Quantum field theory (QFT) unifies Einstein's special relativity with quantum mechanics. QFT is the foundation of what physicists refer to as the Standard Model (SM), which is the theoretical framework that describes all known particles and their interactions except gravity. A word of caution on QFT. It is one of the most difficult subjects in science.
Quantum mechanics (QM) is based on three things:
1- Physical observable are operators
2- the Uncertainty principle
3- Commutation relations.

However, QM cannot describe particle reactions at relativistic high energy. That is why it is referred to as non-relativistic quantum mechanics (NRQM). Relativity states that:
E = mc2......(equation 1)

This equation relates energy to mass. This means that with high enough energy that is proportional to the particle's mass, then by equation 1, we can "create" the particle. Due to conservation laws, we need twice the particle's energy, so that we can create the particle and its antiparticle. So, in high energy reactions:
1- Particle number is not fixed
2- Types of particles present are not fixed.
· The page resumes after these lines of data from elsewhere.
//! Where a program stands in a run.
ghost use Rattle.std.specs.Prelude.{◌≡◌, ◌<◌, ◌^◌};
ghost use Rattle.refused_run.specs.Stand.{is_poll, keeps_bus, done, stand_after};
ghost use Rattle.seq_core.specs.Progress.{reaches};

use crate::loops::{LoopTurn, Loops};
use micro_claims::cost;
use micro_word::Word;
use nand_geometry::Geometry;
use seq_core::outcome::outcome_of;
use seq_core::{Registers, Stepped};

/// Where a program stands: the place of its next word, the loops around that, what its words have set, how many cycles they cost, whether one has
/// polled the status, and whether it has the bus.
#[derive(Clone, Copy, Debug, PartialEq, Eq)]
pub struct Stand {
    pub at: usize,
    pub loops: Loops,
    pub registers: Registers,
    pub spent: u64,
    pub polled: bool,
    pub holds: bool,
}

// The word asks for the status.
fn is_poll(word: Word) -> bool
    ensures { result ≡ is_poll word }
{
    matches!(word, Word::Wait | Word::ReadStatus)
}

impl Stand {
    /// Before the first word.
    pub(crate) const FIRST: Stand = Stand {
        at: 0,
        loops: Loops::NONE,
        registers: Registers {
            column: 0,
            index: 0,
            plane: 0,
            place: 0,
            status: 0,
        },
        spent: 0,
        polled: false,
        holds: false,
    };

    // Behind a word that is done; a poll has brought this status.
    fn done(self, geometry: &Geometry, word: Word, status: u8) -> Stand
        requires inside { self.at < 2 ^ 16 }
        requires place { reaches self.registers.place word < 2 ^ 32 }
        requires spent { self.spent < 2 ^ 63 }
        ensures { result ≡ done geometry.now self word status }
    {
        let next = Stand {
            at: self.at + 1,
            registers: self.registers.after(0, word, status),
            spent: self.spent + cost(geometry, word),
            polled: self.polled || is_poll(word),
            holds: !matches!(word, Word::Yield),
            ..self
        };
        match word {
            Word::Loop { turns } => Stand {
                loops: self.loops.enter(LoopTurn {
                    start: self.at + 1,
                    left: turns.saturating_sub(1),
                }),
                ..next
            },
            Word::Next => Stand {
                at: self.loops.next_place(self.at),
                loops: self.loops.after_turn(),
                ..next
            },
            Word::Jump { target } => Stand {
                at: usize::from(target),
                ..next
            },
            Word::BranchOnStatus { mask, target } if self.registers.status & mask != 0 => Stand {
                at: usize::from(target),
                ..next
            },
            _ => next,
        }
    }

    /// Behind a word whose cycles have come; a poll has brought this status. A `wait` that it tells busy comes again, and the bus is free.
    pub(crate) fn after(self, geometry: &Geometry, word: Word, status: u8) -> Stand
        requires inside { self.at < 2 ^ 16 }
        requires place { reaches self.registers.place word < 2 ^ 32 }
        requires spent { self.spent < 2 ^ 63 }
        ensures { result ≡ stand_after geometry.now self word status }
    {
        match outcome_of(word, status) {
            Stepped::NotReady => Stand {
                holds: false,
                ..self
            },
            _ => self.done(geometry, word, status),
        }
    }
}
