/// A run of a refused text.
#[derive(Drop)]
pub struct Run<A: Allocator> {
    /// What happens, in the order of time: a legal trace.
    pub items: Vec<Item, A>,
    /// The word at which it ends, and why.
    pub end: End,
    /// What dies do in it that they mostly don't do.
    pub choices: Vec<Choice, A>,
}

/// What a search has found, and after how many steps: words that came, in all the runs that it tried.
#[derive(Drop)]
pub struct Found<A: Allocator> {
    pub run: Option<Run<A>>,
    pub steps: u64,
}

// The most plans that are kept.
const MOST_PLANS: usize = 50_000;

// The most cycles that a run may have.
const MOST_CYCLES: u64 = 1 << 19;

// How many cycles may come for each step that a search may take, in all the runs that it tries.
const CYCLES_A_STEP: u64 = 32;

// The reasons that need no cycle, by number.
const REASONS: [Reason; 8] = [
    Reason::AddressUnaligned,
    Reason::HandoverInSequence,
    Reason::BufferPassed,
    Reason::RowOrPlaneOutside,
    Reason::NoStatus,
    Reason::EndsTooSoon,
    Reason::OverBudget,
    Reason::CommandNotAllowed,
];

// A decision of the last run: how many options there were, and whether each loop around was in its first, second or last turn.
#[derive(Clone, Copy)]
struct Decision {
    options: usize,
    is_notable: bool,
}

// What a search keeps: what it goes by, what the run that it tries has decided, and the plans that are still to be tried.
#[derive(Drop)]
struct Search<A: Allocator> {
    fault: Fault,
    luns: u8,
    masks: Masks,
    leads: Vec<bool, A>,
    decisions: Vec<Decision, A>,
    choices: Vec<Choice, A>,
    has_failed: bool,
    plans: Vec<Plan, A>,
    later: Vec<Plan, A>,
    tried: usize,
    tried_later: usize,
    steps: u64,
    cycles_left: u64,
}

// How many cycles a word has at most.
fn most_cycles_of(word: Word) -> u64 {
    match word {
        Word::Get { len } | Word::Put { len } => u64::from(len),
        Word::Address { .. } | Word::Wait | Word::ReadStatus => 5,
        Word::Command { .. } => 1,
        Word::End { .. }
        | Word::Seek { .. }
        | Word::Column { .. }
        | Word::RowAdd { .. }
        | Word::Row { .. }
        | Word::Plane { .. }
        | Word::Yield
        | Word::BranchOnStatus { .. }
        | Word::Loop { .. }
        | Word::Next
        | Word::Jump { .. } => 0,
    }
}

// Whether the cycles of a word may come in the run that is tried, behind so many: neither it nor the search has too many then. If so, they are counted.
fn admit_cycles<A: Allocator>(search: &mut Search<A>, behind: usize, word: Word) -> bool {
    let count = most_cycles_of(word);
    let is_admitted = count <= search.cycles_left
        && (behind as u64).saturating_add(count) <= MOST_CYCLES;
    if is_admitted {
        search.cycles_left -= count;
    }
    is_admitted
}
The two facts are in direct conflict with NRQM. In NRQM, the dynamics of the system are described by the Schrodinger equation. In relativistic quantum mechanics (RQM), the dynamics of the system are described by the Dirac equation. In QM, we dealt with the coordinates and momenta as quantized variables. This process is called "first quantization". However, in QFT, we make the transition to "second quantization", where we quantize "fields" which have an infinite number of degrees of freedom. The transition from first to second quantization, that is from QM to QFT, we make the transition from three degrees of freedom, to an infinite number of degrees of freedom, described by the field. QFT consists of electromagnetic, weak and strong interactions. Electromagnetic and weak interactions were unified under one interaction, the Electro Weak (EW) interaction. Electromagnetic interactions are referred to as Quantum Electrodynamics (QED), and the strong interactions are referred to as Quantum Chromodynamics (QCD).

QFT or SM is the most successful theory in physics. The Higgs particle found in 2012 is one of the best confirmations of the SM. There are theories beyond the SM, such as Supersymmetry, Supergravity, and Superstring theories. However, none of the particles predicted by these theories have been found. My bet is that the next new particle that will be found at the Large Hadron Collider (LHC) will be a supersymmetric particle. Only time can tell.

newWorld

## Friday, January 3, 2020

### Dark Matter: The second highest stuff in the universe!

Dark matter is the elusive stuff in the Universe that interacts through gravity like ordinary matter, but it does not emit or absorb light. Dark matter contribution to the total energy density in the Universe is 26% while that of ordinary matter that is made of atoms is only 5%. The rest of the energy density, which is 69% is that of dark energy.

Astronomers detect dark matter gravitational influence but they do not see it. Imagine the challenges in understanding something that one cannot see. Billions of dark matter particles pass through each of us every second, yet no one notices because we cannot sense dark matter. Dark matter does not interact with light and dark matter is not made out of the same material as ordinary matter. It is not composed of atoms and elementary particles that we are familiar with.
When large amounts of dark matter aggregate into concentrated regions it's net gravitational influence is substantial, leading to measurable influences on stars and on nearby galaxies. Dark matter affects the expansion of the Universe, the path of light passing to us from distant galaxies, the orbits of stars and many other measurable phenomena in ways that convince us of its existence.
Dark matter might sound like an exotic suggestion to some, but proposing its existence is far less rash than revising the laws of gravity, as dark matter skeptics might prefer. Dark matter is likely to have a more or less conventional explanation that is completely consistent with all known physical laws. After all, why should all matter that acts in accordance with known laws of gravity behave exactly like familiar matter? Why should all matter interact with light? Dark matter can simply be a matter that has different or no fundamental charges. Without electric charge or interactions with charged particles, the dark matter simply cannot absorb or emit light.
The main candidate for dark matter is a new elementary particle called WIMP ( weakly interacting massive particle). Dark matter is of two kinds: cold (CDM) or hot ( HDM) depending on its velocity. Pif the particle velocity is slow compared to that of light then it is referred to as cold dark matter. However, if it moves with a velocity close to that of light then it is referred to as hot dark matter. The main candidate for HDM is the neutrino.